Начальник штаба дивизии, не стесняясь, грубо обрушился на пьесу:
– За кого нас принимает товарищ Корнейчук? Пьеса – вредная. Это откровенная попытка вбить клин между различными поколениями командиров.
Шумели офицеры, подавали реплики, перебивали выступающих. Комдив старался утихомирить всех. Еще хлеще высказался 30-летний подполковник Толя Кочергин, командир артиллерийского полка: «Главпур хочет знать наше мнение, – сказал он, – прошу, товарищи главпуровцы, как говорят украинцы, – это не пьеса, а сплошная «брехня». Где товарищ драматург увидел горловых, этих кавалеристов? Да их еще до войны вычистили из армии. Кто-то наверху решил свалить собственные грехи на героев Гражданской войны...» Я услышал, как зашипел недалеко от меня сидящий начальник особого отдела дивизии: «Что говорит, мерзавец? В кутузку его! Да нельзя. Запомним».

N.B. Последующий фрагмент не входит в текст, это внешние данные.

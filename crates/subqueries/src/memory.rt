//! How much memory values take.

use sqlvalue::OwnedValue;
use std::mem::size_of;

/// About how many bytes a list of values takes, with their texts (own).
pub(crate) fn bytes_of_values(values: &Vec<OwnedValue>) -> u64 {
    let mut bytes = bytes_of(values.capacity(), size_of::<OwnedValue>());
    for value in values.as_slice() {
        if let OwnedValue::Text(text) = value {
            bytes = bytes.saturating_add(text.capacity() as u64);
        }
    }
    bytes
}

/// About how many bytes a key takes, if there is one.
pub(crate) fn bytes_of_key(key: &Option<Vec<OwnedValue>>) -> u64 {
    match key {
        Some(values) => bytes_of_values(values),
        None => 0,
    }
}

/// How many bytes a number of elements of a size takes; the greatest number where they are more than it counts.
pub(crate) fn bytes_of(count: usize, size: usize) -> u64 {
    (count as u64).saturating_mul(size as u64)
}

Я вглядывался в Леонида Федоровича Борисова, и мне стало его жалко. Он сам был сильно смущен. Вероятно, не ожидал столь бурной реакции, в основном негативной, на пьесу, а выходит, как он считал, и против воли ЦК партии. Он предложил свернуть выступления. «Вроде все ясно...».
Вихрь эмоций вокруг пьесы и ее обсуждения захватил всех, и еще не скоро люди остыли.
Почему фронт не принял пьесу Корнейчука? Я думал об этом и пришел к следующему выводу. Дело не в обиде. Нас, фронтовиков, шельмовали, и не раз, всякие «корнейчуки». Очевидно, многие, прочитав пьесу, увидели за поднятым ненадолго занавесом якобы «свободной мысли» нечто такое, о чем они давно уже отвыкли думать. Но никто – от генералов до рядовых офицеров – не отважился разглядеть пристальнее «это нечто такое». Открыто высказаться о нем.
К сожалению, немногие из нас тогда понимали, что драматург как смог исполнил партийное задание. Написал пьесу-агитку, а Сталин поднял ее чуть ли не на недосягаемую высоту.
Почему? Сталин прекрасно понимал: идет второй год войны, и армия, и народ, мировая общественность все чаще задают вопрос: «как могла произойти катастрофа в 41-м?» Допустим, тогда он объяснял происшедшее внезапностью нападения. В 42-м внезапности уже быть не могло. Вновь – катастрофа. И какая! В чем причины, кто виноват во всей этой огромной трагедии в истории России?
Политические соображения у Сталина, как и у Гитлера, всегда перевешивали военные. Пьеса «Фронт» должна была объяснить миллионам встревоженных людей: виноват в новых катастрофах не товарищ Сталин, Верховный Главнокомандующий, а армейские ошибки, порожденные Горловыми...
Известно, что Сталин до самой смерти так и не признал своей вины ни за позорные поражения, ни за неисчислимые людские потери, которые до сих пор точно не подсчитаны, то есть фактически за гибель нескольких поколений советских людей.